What to produce: Transcribe exactly each line of the entries, from the opening line to the line with "A trial pays", with both of those lines included.
════════════════
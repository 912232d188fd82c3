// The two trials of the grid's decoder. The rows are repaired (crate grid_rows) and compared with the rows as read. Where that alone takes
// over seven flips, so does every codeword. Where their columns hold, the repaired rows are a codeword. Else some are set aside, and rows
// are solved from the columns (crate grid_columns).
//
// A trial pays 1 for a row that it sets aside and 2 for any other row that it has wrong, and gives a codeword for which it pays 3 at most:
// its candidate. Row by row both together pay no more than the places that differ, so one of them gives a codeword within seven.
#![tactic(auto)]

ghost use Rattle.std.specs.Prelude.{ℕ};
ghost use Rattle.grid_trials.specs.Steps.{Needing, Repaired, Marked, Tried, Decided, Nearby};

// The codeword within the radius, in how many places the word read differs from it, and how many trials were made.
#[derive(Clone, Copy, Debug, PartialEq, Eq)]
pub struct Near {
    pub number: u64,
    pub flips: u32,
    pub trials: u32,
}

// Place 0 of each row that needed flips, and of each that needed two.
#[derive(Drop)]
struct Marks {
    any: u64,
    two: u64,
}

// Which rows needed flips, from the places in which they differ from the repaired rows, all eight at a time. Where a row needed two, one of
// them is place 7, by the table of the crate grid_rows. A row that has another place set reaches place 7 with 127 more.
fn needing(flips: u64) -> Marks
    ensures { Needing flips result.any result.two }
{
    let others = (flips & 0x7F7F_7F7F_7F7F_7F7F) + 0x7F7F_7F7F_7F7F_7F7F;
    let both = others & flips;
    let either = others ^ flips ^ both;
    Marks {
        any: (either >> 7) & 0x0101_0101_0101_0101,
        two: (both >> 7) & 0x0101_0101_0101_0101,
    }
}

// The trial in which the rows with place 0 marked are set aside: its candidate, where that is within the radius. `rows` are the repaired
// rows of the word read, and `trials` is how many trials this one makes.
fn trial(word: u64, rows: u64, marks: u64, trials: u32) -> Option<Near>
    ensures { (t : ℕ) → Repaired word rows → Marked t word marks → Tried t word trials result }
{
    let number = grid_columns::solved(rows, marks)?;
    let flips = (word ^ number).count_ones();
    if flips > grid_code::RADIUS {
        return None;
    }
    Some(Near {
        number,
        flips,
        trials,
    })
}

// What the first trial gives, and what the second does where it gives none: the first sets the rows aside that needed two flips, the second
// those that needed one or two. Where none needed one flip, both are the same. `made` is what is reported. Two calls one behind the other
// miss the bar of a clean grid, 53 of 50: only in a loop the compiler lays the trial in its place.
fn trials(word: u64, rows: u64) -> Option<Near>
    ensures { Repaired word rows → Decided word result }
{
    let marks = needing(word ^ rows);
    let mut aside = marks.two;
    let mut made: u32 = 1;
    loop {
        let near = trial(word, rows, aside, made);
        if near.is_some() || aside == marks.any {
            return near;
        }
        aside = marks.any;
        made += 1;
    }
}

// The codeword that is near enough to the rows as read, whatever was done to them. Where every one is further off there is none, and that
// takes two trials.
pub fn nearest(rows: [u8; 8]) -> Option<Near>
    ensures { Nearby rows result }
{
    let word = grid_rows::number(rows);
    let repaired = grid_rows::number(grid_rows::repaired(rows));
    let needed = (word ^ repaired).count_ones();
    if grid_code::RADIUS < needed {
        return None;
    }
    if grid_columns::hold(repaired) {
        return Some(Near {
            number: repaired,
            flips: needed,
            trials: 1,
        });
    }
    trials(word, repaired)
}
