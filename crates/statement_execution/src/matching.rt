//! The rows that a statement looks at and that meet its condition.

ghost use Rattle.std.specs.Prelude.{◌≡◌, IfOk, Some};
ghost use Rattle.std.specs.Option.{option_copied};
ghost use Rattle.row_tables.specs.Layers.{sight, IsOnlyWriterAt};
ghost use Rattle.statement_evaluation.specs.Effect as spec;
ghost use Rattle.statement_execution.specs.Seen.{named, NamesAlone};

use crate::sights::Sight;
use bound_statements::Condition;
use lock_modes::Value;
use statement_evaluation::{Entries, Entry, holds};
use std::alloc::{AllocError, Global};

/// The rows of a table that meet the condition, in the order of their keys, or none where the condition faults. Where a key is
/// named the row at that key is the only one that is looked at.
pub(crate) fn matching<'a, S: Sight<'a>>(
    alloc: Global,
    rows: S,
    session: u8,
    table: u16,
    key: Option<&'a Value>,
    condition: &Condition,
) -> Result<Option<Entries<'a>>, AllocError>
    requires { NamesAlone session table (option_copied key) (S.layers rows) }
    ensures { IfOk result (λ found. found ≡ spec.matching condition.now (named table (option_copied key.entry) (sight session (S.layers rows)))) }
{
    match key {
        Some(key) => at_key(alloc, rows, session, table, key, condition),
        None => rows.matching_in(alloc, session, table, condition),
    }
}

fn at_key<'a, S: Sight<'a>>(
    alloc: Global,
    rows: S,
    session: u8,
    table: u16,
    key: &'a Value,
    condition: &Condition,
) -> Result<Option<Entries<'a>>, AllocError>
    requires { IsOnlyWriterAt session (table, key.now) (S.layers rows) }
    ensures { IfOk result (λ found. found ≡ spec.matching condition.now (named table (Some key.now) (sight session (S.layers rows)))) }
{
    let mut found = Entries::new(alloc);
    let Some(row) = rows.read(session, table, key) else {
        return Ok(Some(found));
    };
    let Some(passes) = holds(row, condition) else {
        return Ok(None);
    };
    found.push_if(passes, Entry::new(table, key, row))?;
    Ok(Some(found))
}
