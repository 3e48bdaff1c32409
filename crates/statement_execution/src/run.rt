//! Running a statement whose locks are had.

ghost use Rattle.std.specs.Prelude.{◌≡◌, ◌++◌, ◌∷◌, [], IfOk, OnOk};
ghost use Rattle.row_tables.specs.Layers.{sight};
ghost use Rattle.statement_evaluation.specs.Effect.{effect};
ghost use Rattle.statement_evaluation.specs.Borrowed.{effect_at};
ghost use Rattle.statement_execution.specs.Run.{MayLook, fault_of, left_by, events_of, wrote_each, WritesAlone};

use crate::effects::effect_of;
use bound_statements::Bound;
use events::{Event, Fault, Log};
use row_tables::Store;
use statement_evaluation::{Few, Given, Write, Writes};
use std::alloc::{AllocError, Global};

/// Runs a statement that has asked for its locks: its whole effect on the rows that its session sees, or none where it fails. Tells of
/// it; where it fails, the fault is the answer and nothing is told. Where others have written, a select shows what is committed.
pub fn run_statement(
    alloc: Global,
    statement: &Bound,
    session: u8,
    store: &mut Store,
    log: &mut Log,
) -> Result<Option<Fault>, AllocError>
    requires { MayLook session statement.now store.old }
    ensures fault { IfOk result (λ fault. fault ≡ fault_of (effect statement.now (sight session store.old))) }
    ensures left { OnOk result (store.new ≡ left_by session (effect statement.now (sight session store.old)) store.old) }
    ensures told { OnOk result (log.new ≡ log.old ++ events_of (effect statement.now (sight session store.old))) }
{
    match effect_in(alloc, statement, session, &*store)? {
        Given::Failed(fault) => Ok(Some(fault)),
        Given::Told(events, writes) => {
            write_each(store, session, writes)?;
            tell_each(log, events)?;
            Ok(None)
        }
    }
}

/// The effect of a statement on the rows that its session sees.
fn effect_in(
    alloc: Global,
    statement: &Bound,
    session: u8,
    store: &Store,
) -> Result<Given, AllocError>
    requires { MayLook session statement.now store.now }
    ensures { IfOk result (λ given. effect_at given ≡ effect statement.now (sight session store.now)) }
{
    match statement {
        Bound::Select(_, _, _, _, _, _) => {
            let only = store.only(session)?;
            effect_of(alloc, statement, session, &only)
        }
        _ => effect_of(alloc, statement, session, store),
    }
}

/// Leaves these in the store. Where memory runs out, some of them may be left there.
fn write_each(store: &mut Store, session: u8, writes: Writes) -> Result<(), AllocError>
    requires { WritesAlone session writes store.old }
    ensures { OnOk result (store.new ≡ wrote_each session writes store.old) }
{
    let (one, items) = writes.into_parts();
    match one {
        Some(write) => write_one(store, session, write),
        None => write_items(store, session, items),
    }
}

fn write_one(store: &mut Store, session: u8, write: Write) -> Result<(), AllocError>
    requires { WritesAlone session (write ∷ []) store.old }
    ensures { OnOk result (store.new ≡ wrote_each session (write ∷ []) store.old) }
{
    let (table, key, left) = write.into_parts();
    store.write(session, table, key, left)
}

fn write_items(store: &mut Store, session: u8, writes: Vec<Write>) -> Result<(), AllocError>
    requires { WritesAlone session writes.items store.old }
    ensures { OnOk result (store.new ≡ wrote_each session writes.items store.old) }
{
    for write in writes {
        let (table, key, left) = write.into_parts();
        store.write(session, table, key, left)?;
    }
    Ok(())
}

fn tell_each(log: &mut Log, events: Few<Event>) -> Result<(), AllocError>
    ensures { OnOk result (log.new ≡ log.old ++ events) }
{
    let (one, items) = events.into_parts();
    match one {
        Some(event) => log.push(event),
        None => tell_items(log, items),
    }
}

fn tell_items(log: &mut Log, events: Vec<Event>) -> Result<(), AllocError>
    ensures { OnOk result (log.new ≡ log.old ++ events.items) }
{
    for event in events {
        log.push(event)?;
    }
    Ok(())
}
════════════════
Response for this exercise:
repository 912232d188fd82c3
// The two trials of the grid's decoder. The rows are repaired (crate grid_rows) and compared with the rows as read. Where that alone takes
// over seven flips, so does every codeword. Where their columns hold, the repaired rows are a codeword. Else some are set aside, and rows
// are solved from the columns (crate grid_columns).
//
// A trial pays 1 for a row that it sets aside and 2 for any other row that it has wrong, and gives a codeword for which it pays 3 at most:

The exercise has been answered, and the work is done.